* **WHAT IS BEING ASKED**
Where a line below holds the string "ghost", that line goes into the answer.

● ● ● ● ● ● ●

//! Why a declaration gives no class.
use ode_value::Refusal;
use std::alloc::AllocError;

/// Why a declaration gives no class.
#[derive(Drop)]
pub enum CompileStop {
    Memory,
    /// The first refusal of the declaration.
    Refused(Refusal),
}

impl From<AllocError> for CompileStop {
    ghost use Rattle.std.specs.Prelude.{◌≡◌};
    ghost use Rattle.ode_compile.specs.declared.stop.CompileStop.TheVariants.{Memory};

    ghost from_gives = { λ _ e. e ≡ Memory };

    fn from(_: AllocError) -> CompileStop {
        CompileStop::Memory
    }
}
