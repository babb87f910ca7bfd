//! The least tables with the same answers.
ghost use Rattle.std.specs.Prelude.{IfOk};
ghost use Rattle.ode_compile.specs.Compiling.{AreLeastOf, IsLeastOf};

use ode_minimal::shrink;
use ode_table::Table;
use ode_value::List;
use std::alloc::{AllocError, Global};

fn least_of(alloc: Global, table: &Table) -> Result<Table, AllocError>
    ensures { IfOk result (IsLeastOf table.now) }
{
    let least = shrink(alloc, table)?;
    // Read, so that its parts are known to fit each other.
    let _rows = least.rows();
    Ok(least)
}

/// For each of these tables, in order, the least one with the same answers.
pub(crate) fn shrink_all(alloc: Global, tables: &[Table]) -> Result<List<Table>, AllocError>
    ensures { IfOk result (AreLeastOf tables.now) }
{
    let mut least = List::new(alloc);
    for table in tables {
        let small = least_of(alloc, table)?;
        least.push(small)?;
    }
    Ok(least)
}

● ● ● ● ● ● ●

* **SOLUTION FOR THIS EXERCISE**
    ghost use Rattle.std.specs.Prelude.{◌≡◌};
    ghost use Rattle.ode_compile.specs.declared.stop.CompileStop.TheVariants.{Memory};
    ghost from_gives = { λ _ e. e ≡ Memory };
ghost use Rattle.std.specs.Prelude.{IfOk};
ghost use Rattle.ode_compile.specs.Compiling.{AreLeastOf, IsLeastOf};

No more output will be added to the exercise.